# [WHAT YOU NEED TO DO]
Return only those lines of the listing that hold the word "blocks".

# [WORKING DATA]
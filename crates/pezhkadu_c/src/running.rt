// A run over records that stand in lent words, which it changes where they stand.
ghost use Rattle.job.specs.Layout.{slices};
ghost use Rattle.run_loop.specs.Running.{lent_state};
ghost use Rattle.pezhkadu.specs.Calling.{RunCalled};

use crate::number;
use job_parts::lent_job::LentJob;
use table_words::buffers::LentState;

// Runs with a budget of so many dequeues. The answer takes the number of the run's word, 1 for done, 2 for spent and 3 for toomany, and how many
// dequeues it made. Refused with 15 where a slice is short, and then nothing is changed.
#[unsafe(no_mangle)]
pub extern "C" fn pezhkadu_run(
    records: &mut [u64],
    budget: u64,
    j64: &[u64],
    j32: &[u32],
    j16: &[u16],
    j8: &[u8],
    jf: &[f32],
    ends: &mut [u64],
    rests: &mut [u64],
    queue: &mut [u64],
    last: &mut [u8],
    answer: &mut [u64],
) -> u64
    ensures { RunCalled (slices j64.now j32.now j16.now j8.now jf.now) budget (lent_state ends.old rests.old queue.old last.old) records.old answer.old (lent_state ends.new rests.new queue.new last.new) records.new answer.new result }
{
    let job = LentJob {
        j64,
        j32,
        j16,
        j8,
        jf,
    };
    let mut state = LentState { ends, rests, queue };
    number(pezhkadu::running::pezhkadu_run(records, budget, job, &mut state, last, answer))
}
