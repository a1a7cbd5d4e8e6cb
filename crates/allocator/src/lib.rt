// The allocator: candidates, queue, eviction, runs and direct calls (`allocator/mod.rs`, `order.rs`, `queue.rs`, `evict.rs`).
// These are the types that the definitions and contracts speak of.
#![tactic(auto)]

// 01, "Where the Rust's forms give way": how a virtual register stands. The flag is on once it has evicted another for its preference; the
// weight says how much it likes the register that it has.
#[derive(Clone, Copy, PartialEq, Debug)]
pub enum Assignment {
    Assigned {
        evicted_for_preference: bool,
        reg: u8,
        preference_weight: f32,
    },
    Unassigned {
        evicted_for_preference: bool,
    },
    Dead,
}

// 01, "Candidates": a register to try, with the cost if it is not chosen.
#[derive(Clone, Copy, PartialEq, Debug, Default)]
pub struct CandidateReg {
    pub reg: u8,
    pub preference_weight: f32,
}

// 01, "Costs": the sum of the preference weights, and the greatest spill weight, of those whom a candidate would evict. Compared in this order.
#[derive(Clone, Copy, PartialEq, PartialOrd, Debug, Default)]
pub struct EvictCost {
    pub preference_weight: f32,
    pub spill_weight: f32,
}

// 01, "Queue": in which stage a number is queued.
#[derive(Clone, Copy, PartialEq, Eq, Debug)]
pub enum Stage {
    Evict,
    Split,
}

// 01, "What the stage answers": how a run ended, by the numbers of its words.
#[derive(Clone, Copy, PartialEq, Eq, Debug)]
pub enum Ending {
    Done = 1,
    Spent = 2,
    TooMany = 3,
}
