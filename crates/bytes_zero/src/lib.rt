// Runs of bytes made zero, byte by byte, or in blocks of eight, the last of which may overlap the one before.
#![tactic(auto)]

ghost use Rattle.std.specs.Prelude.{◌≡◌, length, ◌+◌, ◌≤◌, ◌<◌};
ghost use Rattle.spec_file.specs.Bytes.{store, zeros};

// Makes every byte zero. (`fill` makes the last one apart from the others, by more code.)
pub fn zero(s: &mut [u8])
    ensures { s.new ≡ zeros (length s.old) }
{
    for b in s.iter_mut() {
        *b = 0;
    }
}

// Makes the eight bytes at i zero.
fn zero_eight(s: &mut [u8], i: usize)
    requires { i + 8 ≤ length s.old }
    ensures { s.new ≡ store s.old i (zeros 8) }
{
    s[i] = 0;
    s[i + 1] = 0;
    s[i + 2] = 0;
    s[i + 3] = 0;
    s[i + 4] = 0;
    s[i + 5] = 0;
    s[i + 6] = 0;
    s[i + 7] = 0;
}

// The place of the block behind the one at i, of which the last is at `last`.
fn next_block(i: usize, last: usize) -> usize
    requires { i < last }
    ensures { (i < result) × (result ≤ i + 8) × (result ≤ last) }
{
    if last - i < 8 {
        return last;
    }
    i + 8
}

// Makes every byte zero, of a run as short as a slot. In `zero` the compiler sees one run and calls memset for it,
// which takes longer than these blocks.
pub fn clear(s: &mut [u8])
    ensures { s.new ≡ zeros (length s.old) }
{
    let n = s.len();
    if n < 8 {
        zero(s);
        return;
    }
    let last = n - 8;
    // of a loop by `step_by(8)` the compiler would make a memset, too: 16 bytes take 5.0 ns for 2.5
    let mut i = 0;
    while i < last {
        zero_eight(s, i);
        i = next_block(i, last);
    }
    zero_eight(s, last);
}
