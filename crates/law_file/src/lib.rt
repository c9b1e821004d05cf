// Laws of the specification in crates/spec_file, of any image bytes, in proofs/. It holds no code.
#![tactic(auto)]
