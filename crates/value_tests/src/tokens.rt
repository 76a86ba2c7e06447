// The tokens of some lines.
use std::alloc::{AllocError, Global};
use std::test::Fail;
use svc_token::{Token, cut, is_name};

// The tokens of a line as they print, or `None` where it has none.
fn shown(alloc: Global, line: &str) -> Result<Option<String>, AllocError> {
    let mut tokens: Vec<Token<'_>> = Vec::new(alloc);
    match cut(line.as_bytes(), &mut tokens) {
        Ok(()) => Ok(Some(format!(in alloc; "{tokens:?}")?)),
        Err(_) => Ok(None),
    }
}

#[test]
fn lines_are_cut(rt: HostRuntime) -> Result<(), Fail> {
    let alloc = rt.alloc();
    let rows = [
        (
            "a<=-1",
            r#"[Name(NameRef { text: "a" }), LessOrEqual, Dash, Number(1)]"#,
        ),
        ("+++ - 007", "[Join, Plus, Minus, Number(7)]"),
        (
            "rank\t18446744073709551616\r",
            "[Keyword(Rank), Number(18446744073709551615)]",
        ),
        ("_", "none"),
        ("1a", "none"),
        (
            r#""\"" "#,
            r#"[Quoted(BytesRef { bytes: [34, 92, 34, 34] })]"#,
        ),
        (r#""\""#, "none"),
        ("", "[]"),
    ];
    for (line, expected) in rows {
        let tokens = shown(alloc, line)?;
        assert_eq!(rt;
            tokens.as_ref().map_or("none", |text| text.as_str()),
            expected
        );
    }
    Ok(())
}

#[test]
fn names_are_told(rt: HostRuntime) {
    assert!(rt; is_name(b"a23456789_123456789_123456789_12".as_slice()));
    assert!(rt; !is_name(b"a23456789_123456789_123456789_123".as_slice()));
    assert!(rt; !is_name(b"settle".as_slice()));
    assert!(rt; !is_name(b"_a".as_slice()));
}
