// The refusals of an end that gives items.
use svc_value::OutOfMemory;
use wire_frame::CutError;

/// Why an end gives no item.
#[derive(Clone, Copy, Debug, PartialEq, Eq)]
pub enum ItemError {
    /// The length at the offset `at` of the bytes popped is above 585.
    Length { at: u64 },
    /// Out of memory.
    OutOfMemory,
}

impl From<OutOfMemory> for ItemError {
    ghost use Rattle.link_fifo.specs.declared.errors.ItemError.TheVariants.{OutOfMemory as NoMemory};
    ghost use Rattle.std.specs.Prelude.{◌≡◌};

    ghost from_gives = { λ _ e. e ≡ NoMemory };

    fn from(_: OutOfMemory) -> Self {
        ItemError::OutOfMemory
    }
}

...

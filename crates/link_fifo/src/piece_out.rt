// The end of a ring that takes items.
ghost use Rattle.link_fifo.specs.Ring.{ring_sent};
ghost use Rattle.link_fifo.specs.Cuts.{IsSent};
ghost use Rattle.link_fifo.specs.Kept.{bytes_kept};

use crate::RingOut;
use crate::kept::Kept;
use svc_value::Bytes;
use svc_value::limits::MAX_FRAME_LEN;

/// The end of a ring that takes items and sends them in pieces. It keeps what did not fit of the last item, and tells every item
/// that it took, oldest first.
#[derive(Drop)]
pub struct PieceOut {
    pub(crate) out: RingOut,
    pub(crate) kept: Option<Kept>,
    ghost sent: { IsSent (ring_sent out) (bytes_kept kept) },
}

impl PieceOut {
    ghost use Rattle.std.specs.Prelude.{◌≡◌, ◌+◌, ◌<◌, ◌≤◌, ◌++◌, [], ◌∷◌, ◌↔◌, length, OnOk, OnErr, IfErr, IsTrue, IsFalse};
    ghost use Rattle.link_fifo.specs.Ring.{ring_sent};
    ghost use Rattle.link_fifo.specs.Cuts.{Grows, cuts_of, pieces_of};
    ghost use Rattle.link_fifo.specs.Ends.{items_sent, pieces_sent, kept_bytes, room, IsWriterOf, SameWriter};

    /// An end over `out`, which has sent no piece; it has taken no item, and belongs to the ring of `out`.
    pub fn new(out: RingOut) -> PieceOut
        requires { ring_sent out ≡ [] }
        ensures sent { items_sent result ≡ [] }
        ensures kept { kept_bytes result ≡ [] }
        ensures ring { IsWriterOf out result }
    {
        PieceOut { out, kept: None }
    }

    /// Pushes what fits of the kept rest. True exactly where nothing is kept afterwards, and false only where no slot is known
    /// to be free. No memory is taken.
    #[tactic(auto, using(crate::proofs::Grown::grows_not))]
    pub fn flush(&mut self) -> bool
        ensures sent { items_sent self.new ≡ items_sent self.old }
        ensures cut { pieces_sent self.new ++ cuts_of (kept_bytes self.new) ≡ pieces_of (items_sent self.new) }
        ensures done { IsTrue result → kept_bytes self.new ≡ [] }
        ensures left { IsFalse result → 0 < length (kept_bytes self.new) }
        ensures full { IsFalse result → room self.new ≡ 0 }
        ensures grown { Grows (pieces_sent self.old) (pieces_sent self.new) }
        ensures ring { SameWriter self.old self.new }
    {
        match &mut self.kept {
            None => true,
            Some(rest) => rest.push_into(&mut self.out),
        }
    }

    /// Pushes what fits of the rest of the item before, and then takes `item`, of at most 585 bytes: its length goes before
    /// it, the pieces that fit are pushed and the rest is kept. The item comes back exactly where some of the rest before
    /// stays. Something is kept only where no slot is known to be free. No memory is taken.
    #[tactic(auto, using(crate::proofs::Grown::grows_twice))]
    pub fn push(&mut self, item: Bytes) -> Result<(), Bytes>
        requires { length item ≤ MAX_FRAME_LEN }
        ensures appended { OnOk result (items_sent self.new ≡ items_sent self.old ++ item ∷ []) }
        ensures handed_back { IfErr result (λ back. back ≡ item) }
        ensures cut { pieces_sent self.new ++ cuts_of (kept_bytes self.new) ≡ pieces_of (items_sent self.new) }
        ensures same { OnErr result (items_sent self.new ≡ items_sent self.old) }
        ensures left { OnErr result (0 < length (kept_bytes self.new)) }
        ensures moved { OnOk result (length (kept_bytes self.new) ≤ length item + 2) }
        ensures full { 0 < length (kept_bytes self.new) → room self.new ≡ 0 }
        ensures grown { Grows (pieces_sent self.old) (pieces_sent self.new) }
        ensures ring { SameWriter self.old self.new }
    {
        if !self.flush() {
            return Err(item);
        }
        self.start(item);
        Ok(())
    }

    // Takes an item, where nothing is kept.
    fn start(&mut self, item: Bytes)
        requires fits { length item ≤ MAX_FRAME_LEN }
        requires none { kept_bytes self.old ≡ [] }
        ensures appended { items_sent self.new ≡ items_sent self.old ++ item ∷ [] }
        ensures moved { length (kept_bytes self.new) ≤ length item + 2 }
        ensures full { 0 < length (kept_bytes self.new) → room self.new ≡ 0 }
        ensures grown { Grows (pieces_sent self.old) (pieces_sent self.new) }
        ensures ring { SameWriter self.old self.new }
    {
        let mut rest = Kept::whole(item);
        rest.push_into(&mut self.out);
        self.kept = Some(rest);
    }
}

* * *

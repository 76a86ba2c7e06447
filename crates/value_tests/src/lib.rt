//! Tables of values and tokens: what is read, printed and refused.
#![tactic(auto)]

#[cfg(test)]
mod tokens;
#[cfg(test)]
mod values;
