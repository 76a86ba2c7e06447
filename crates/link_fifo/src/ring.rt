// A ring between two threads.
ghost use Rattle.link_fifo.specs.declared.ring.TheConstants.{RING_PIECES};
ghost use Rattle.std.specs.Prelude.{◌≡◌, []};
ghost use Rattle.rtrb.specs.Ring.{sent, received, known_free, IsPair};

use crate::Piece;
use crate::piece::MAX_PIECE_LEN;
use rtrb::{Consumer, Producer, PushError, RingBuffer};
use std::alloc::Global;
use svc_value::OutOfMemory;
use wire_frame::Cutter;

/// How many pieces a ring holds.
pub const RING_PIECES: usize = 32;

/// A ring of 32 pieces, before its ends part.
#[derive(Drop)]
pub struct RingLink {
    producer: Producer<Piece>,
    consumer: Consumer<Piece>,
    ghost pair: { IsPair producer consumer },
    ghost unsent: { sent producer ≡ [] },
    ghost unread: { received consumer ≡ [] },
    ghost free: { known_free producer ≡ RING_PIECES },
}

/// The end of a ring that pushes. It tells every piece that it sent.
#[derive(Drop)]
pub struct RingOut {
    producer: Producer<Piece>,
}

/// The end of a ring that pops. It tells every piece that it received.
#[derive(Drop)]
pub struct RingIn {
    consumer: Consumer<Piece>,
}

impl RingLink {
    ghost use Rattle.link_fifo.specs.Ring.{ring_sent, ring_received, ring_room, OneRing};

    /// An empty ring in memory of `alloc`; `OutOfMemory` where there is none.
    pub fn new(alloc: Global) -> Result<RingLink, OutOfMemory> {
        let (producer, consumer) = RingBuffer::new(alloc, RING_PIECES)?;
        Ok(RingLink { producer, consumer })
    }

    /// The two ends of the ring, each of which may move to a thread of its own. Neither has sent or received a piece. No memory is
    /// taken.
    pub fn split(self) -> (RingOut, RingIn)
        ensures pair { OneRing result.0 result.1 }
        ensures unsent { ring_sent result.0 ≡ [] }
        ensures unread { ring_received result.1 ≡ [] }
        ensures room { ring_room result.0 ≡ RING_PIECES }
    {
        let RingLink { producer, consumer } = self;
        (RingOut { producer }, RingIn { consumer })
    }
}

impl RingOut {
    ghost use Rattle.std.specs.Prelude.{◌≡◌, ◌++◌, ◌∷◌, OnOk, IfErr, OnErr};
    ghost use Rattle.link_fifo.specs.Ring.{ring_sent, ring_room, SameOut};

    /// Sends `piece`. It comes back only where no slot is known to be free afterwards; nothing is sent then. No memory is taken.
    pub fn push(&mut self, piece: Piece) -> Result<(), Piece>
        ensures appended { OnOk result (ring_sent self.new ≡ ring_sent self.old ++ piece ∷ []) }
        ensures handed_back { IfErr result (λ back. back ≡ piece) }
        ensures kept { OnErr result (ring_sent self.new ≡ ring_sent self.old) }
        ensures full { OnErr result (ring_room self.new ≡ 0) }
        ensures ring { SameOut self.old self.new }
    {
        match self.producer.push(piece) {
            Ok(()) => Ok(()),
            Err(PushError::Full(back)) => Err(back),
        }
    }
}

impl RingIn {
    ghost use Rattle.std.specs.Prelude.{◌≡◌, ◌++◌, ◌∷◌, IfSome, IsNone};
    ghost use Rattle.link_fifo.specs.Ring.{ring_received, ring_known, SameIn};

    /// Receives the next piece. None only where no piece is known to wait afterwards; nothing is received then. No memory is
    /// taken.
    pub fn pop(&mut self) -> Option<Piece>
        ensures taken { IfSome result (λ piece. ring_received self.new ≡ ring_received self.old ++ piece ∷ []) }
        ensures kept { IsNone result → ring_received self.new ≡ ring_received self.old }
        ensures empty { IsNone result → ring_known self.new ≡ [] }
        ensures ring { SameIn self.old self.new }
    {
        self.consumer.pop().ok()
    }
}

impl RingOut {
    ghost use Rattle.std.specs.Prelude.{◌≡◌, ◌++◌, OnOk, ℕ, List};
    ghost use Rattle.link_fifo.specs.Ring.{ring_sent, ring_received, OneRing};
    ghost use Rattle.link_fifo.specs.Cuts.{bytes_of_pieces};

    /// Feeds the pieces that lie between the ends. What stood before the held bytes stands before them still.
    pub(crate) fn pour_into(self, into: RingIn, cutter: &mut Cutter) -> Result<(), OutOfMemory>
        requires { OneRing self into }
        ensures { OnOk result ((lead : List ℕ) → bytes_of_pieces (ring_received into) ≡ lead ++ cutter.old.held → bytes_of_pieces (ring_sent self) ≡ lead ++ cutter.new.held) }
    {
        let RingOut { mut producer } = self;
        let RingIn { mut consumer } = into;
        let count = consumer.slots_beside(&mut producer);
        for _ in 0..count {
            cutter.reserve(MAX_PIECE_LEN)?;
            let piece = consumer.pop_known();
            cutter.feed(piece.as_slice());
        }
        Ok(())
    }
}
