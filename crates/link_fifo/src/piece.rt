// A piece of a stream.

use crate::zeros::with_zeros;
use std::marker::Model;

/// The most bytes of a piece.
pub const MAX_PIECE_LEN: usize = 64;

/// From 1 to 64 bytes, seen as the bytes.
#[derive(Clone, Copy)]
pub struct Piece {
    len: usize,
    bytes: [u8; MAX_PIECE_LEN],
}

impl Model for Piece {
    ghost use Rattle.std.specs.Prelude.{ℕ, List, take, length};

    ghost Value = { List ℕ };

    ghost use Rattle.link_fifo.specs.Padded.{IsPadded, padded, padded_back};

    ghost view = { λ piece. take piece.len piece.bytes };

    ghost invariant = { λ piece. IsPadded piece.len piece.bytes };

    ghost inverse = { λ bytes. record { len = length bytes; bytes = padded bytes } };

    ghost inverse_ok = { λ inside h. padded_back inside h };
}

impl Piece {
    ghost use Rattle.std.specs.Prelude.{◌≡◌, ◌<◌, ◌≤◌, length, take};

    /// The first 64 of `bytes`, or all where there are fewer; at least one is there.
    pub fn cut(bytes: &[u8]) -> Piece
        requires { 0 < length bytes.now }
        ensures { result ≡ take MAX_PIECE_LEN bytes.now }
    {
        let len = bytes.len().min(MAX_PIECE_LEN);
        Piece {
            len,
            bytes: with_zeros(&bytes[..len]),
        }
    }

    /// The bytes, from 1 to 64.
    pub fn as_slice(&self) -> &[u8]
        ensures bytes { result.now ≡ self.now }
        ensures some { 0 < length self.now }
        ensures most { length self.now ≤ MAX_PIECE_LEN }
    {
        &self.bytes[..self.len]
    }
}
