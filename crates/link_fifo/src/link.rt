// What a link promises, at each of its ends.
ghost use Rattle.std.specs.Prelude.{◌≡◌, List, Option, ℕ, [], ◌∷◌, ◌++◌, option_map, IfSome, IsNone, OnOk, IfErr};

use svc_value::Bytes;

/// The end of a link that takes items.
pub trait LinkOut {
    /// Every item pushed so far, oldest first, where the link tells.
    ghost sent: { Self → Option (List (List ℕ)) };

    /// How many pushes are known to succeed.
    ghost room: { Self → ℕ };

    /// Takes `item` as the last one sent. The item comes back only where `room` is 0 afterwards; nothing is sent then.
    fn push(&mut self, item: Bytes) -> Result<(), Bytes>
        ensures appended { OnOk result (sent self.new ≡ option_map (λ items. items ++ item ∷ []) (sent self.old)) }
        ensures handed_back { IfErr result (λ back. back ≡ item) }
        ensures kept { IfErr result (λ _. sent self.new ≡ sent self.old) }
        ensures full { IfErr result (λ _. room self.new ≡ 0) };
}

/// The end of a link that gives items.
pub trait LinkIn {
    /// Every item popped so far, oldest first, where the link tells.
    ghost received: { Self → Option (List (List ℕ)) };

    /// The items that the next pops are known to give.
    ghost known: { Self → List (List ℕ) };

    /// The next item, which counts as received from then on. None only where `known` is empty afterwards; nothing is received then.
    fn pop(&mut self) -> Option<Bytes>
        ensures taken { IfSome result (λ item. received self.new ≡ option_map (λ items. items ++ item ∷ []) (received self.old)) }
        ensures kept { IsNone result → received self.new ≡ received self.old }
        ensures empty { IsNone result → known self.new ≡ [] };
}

# [OUTPUT FOR THIS TASK]
// Runs of bytes made zero, byte by byte, or in blocks of eight, the last of which may overlap the one before.
// which takes longer than these blocks.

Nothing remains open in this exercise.